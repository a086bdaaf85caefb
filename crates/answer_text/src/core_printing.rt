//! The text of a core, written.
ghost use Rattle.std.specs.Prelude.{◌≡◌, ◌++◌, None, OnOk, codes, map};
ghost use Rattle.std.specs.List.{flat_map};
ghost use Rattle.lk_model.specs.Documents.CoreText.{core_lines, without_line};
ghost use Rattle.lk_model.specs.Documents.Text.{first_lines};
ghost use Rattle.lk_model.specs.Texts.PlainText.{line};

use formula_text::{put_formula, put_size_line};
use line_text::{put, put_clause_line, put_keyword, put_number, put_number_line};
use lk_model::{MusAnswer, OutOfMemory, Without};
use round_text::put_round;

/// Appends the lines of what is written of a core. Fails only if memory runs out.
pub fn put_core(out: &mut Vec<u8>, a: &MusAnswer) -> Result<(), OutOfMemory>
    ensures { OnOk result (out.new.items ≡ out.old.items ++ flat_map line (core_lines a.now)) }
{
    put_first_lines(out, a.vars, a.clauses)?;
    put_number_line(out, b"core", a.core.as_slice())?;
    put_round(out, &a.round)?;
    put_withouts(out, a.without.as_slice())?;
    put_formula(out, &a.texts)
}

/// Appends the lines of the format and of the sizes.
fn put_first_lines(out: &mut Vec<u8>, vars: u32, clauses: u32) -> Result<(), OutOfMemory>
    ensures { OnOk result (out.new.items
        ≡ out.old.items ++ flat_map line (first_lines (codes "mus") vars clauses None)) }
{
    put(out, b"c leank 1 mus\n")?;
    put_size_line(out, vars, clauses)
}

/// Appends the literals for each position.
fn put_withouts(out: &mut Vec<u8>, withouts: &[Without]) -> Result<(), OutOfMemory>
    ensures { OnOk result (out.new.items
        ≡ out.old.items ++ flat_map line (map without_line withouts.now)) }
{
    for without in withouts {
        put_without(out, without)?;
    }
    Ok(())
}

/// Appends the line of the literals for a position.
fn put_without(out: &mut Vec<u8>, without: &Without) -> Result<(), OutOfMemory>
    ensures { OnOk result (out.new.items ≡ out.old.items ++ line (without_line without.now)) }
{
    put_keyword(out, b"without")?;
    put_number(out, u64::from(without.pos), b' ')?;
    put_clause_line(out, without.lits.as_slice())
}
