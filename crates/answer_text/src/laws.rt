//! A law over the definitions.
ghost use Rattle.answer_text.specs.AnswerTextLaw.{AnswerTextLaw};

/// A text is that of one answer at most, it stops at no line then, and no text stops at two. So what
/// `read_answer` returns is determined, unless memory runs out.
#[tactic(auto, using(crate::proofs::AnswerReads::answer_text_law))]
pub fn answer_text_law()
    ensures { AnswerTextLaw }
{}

■ Required work ■
The string "vars" appears in some lines of the material. Report how many, and nothing more.

■ Your solution ■
4